Machine learning to improve the effectiveness of ANRS in predicting HIV drug resistance

Abstract

Objectives: Human immunodeficiency virus infection and acquired immune deficiency syndrome (HIV/AIDS) is one of the major burdens of disease in developing countries, and the standard-of-care treatment includes prescribing antiretroviral drugs. However, antiretroviral drug resistance is inevitable due to selective pressure associated with the high mutation rate of HIV. Determining antiretroviral resistance can be done by phenotypic laboratory tests or by computer-based interpretation algorithms. Computer-based algorithms have been shown to have many advantages over laboratory tests. The ANRS (Agence Nationale de Recherches sur le SIDA) is regarded as a gold standard in interpreting HIV drug resistance using mutations in genomes. The aim of this study was to improve the prediction of the ANRS gold standard in predicting HIV drug resistance. Methods: A genome sequence and HIV drug resistance measures were obtained from the Stanford HIV database (http://hivdb.stanford.edu/).

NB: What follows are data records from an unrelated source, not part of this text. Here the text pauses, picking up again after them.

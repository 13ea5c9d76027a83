//! Sinks over writers of std.
ghost use Rattle.std.specs.Io.KnownBytes.{Keeps, WriteAppends};
ghost use Rattle.std.specs.Prelude.{◌≡◌, ◌≤◌, ◌+◌, ◌-◌, ◌^◌, [], None, Err, IfErr, min};
ghost use Rattle.xet_sinks.specs.Faults.{CountsFault};
ghost use Rattle.xet_outside.specs.Places.{PlaceCall, at_place, emptied};
ghost use Rattle.xet_outside.specs.Told.{FlushCall, Rose, WriteCall};

use crate::tries::{TRIES, is_interrupted};
use std::fs::File;
use std::io::{Seek, SeekFrom, Write};
use xet_outside::PlaceSink;
use xet_outside::sink::{Sink, SinkError};

/// A sink over a writer of std: the trusted edge, where bytes go out. It tells nothing of the bytes that were taken,
/// since a writer of std may begin to tell them. Where the writer tells, `write` and `flush` say the same of it as
/// std's calls.
///
/// A write of a nonempty piece, and a flush, is one call of the writer. An interrupted call is made again, at most 16
/// times. One more interruption, and any other error at once, is a fault, and so is a write that takes nothing. A
/// write of an empty piece calls nothing.
#[derive(Drop)]
pub struct WriteSink<B> {
    inner: B,
    // the count of faults, which stands at its last value
    faults: u64,
}

impl<B: Write> WriteSink<B> {
    /// A sink over the writer, with no faults so far.
    pub fn new(inner: B) -> WriteSink<B>
        ensures told { ⟦<WriteSink<B> as Sink>⟧.told result
            ≡ record { took = None; flushed = None; faults = 0; link = [] } }
        ensures inner { result.inner ≡ inner }
    {
        WriteSink { inner, faults: 0 }
    }

    // Counts a fault.
    fn fail<T>(&mut self) -> Result<T, SinkError>
        ensures failed { result ≡ Err SinkError.Failed }
        ensures later { self.old.faults ≤ self.new.faults }
        ensures rose { Rose self.old.faults self.new.faults }
        ensures one { self.new.faults ≡ min (self.old.faults + 1) (2 ^ 64 - 1) }
        ensures inner { self.new.inner ≡ self.old.inner }
    {
        self.faults = self.faults.saturating_add(1);
        Err(SinkError::Failed)
    }
}

impl<B: Write> Sink for WriteSink<B> {
    ghost told = { λ s. record { took = None; flushed = None; faults = s.faults; link = [] } };

    /// One write, whose only error is `Failed`. Where std's writer tells its bytes, they grow by the ones that were
    /// taken, and by none after a fault.
    fn write(&mut self, piece: &[u8]) -> Result<usize, SinkError>
        ensures call { WriteCall (⟦<WriteSink<B> as Sink>⟧.told self.old)
            (⟦<WriteSink<B> as Sink>⟧.told self.new) piece.now result }
        ensures bytes { WriteAppends (B.contents self.old.inner) (B.contents self.new.inner) result piece.now }
        ensures fault { IfErr result (λ e. e ≡ SinkError.Failed) }
        ensures counted { CountsFault self.old.faults self.new.faults result }
    {
        if piece.is_empty() {
            return Ok(0);
        }
        for _ in 0..=TRIES {
            match self.inner.write(piece) {
                Ok(0) => break,
                Ok(count) => return Ok(count),
                Err(error) if is_interrupted(&error) => {}
                Err(_) => break,
            }
        }
        self.fail()
    }

    /// One flush, whose only error is `Failed`. It leaves what std's writer tells.
    fn flush(&mut self) -> Result<(), SinkError>
        ensures call { FlushCall (⟦<WriteSink<B> as Sink>⟧.told self.old)
            (⟦<WriteSink<B> as Sink>⟧.told self.new) result }
        ensures bytes { Keeps (B.contents self.old.inner) (B.contents self.new.inner) }
        ensures fault { IfErr result (λ e. e ≡ SinkError.Failed) }
        ensures counted { CountsFault self.old.faults self.new.faults result }
    {
        for _ in 0..=TRIES {
            match self.inner.flush() {
                Ok(()) => return Ok(()),
                Err(error) if is_interrupted(&error) => {}
                Err(_) => break,
            }
        }
        self.fail()
    }
}

/// A sink over a file of std, with a place: the trusted edge. It tells nothing of its content and its place, since
/// the file may be changed by others.
pub type FileSink = WriteSink<File>;

impl PlaceSink for WriteSink<File> {
    /// Cuts the file to no bytes and goes to its start. An interrupted call is made again, at most 16 times; one more
    /// interruption, and any other error at once, is a fault.
    fn empty(&mut self) -> Result<(), SinkError>
        ensures call { PlaceCall (⟦<WriteSink<File> as Sink>⟧.told self.old)
            (⟦<WriteSink<File> as Sink>⟧.told self.new) emptied result }
        ensures fault { IfErr result (λ e. e ≡ SinkError.Failed) }
        ensures counted { CountsFault self.old.faults self.new.faults result }
    {
        for _ in 0..=TRIES {
            match self.inner.set_len(0) {
                Ok(()) => return self.seek(0),
                Err(error) if is_interrupted(&error) => {}
                Err(_) => break,
            }
        }
        self.fail()
    }

    /// One seek, which is tried again as a write is.
    fn seek(&mut self, place: u64) -> Result<(), SinkError>
        ensures call { PlaceCall (⟦<WriteSink<File> as Sink>⟧.told self.old)
            (⟦<WriteSink<File> as Sink>⟧.told self.new) (at_place place) result }
        ensures fault { IfErr result (λ e. e ≡ SinkError.Failed) }
        ensures counted { CountsFault self.old.faults self.new.faults result }
    {
        for _ in 0..=TRIES {
            match self.inner.seek(SeekFrom::Start(place)) {
                Ok(_) => return Ok(()),
                Err(error) if is_interrupted(&error) => {}
                Err(_) => break,
            }
        }
        self.fail()
    }

    ghost counted = { λ s. tt };
}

Feature selection was used to determine the most important mutations associated with resistance prediction. These mutations were added to the ANRS rules, and the difference in the prediction ability was measured. Results: This study uncovered important mutations that were not associated with the original ANRS rules. On average, the ANRS algorithm was improved by 79% ± 6.6%. The positive predictive value improved by 28%, and the negative predicative value improved by 10%. Conclusions: The study shows that there is a significant improvement in the prediction ability of ANRS gold standard.